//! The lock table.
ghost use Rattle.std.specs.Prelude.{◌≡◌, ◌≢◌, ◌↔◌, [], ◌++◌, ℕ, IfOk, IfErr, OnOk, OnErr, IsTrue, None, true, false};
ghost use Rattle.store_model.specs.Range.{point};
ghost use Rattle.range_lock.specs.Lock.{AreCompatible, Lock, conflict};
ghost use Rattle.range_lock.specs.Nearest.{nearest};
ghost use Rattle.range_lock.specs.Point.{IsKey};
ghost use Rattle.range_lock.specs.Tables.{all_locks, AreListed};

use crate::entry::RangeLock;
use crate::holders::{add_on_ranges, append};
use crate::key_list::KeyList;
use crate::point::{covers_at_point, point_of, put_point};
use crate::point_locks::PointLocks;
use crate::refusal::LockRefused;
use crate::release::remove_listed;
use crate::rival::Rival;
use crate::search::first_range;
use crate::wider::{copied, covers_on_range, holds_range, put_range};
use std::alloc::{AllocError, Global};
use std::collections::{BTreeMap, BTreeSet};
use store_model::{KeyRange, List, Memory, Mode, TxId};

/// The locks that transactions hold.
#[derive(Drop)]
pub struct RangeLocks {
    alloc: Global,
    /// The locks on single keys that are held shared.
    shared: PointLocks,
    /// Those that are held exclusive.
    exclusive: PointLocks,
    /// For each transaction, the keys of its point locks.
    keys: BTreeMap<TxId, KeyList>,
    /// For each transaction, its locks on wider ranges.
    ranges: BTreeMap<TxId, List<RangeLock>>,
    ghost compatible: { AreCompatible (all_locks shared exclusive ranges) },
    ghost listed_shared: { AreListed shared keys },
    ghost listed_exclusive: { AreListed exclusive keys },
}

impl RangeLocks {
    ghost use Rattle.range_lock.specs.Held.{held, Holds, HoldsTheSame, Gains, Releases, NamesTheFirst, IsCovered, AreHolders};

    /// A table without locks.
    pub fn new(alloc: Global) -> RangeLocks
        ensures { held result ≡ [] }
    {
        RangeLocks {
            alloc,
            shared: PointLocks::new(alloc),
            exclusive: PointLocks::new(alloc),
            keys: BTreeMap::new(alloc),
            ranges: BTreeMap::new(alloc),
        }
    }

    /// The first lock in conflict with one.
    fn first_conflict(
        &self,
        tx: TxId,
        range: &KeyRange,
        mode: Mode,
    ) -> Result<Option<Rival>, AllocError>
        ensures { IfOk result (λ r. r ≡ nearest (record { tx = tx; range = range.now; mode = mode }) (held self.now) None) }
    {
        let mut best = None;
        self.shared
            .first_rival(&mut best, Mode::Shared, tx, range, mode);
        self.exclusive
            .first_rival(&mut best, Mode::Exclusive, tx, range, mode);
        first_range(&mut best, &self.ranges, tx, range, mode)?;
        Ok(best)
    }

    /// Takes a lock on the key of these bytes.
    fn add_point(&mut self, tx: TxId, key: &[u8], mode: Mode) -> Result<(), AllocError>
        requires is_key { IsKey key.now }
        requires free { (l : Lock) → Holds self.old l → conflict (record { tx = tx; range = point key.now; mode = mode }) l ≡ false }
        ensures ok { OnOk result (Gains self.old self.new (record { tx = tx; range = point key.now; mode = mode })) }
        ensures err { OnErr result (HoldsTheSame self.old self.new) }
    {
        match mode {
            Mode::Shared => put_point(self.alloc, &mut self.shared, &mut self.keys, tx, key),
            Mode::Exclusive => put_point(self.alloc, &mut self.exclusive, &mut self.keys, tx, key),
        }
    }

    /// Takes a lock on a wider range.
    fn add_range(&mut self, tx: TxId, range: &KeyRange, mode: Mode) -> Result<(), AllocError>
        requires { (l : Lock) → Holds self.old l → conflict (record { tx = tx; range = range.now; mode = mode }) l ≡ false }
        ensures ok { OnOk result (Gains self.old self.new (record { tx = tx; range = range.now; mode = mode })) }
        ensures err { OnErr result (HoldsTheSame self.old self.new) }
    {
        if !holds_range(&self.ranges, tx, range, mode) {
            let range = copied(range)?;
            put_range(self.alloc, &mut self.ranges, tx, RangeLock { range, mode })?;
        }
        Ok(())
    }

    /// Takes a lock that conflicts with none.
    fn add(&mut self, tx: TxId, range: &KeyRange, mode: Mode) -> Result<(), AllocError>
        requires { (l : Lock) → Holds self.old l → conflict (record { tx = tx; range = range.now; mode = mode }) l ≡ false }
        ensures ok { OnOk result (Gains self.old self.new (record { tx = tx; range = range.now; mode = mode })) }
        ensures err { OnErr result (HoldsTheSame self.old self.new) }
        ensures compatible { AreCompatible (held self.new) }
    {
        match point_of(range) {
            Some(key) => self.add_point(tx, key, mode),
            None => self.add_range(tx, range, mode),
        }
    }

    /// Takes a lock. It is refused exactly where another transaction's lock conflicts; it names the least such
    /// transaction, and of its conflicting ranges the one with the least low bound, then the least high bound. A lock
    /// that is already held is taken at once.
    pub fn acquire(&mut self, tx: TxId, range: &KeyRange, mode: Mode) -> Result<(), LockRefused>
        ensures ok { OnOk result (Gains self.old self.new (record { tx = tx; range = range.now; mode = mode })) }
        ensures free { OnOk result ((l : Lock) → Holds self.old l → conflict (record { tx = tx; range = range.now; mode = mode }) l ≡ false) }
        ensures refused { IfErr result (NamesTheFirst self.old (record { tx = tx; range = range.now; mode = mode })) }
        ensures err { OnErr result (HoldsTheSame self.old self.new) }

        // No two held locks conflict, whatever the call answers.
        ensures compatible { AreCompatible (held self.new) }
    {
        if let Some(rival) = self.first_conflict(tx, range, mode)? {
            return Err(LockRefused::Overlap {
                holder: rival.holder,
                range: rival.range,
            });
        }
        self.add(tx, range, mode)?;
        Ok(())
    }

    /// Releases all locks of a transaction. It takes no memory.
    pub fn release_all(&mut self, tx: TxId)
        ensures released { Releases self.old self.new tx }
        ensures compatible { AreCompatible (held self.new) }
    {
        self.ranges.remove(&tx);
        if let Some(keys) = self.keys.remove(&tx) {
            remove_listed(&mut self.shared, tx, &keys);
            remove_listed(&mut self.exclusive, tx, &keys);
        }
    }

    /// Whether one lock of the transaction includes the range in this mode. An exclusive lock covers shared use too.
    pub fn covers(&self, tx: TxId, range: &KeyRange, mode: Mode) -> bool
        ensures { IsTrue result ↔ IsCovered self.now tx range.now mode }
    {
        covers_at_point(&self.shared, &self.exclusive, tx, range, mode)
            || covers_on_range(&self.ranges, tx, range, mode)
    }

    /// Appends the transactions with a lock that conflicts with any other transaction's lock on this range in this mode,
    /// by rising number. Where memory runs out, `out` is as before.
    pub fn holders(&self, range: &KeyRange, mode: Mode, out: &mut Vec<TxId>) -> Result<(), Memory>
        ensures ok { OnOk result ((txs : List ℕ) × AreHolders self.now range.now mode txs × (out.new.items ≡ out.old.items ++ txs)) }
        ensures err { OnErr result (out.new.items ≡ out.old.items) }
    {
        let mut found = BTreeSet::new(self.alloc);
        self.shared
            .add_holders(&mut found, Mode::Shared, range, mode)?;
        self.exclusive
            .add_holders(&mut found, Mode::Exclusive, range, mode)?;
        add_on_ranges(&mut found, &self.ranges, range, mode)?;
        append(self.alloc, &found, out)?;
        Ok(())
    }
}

-=-=-=-=-

- Assigned task
The word "IsCovered" appears in some of the lines above. Copy those lines.

- Reply to the exercise
    ghost use Rattle.range_lock.specs.Held.{held, Holds, HoldsTheSame, Gains, Releases, NamesTheFirst, IsCovered, AreHolders};
        ensures { IsTrue result ↔ IsCovered self.now tx range.now mode }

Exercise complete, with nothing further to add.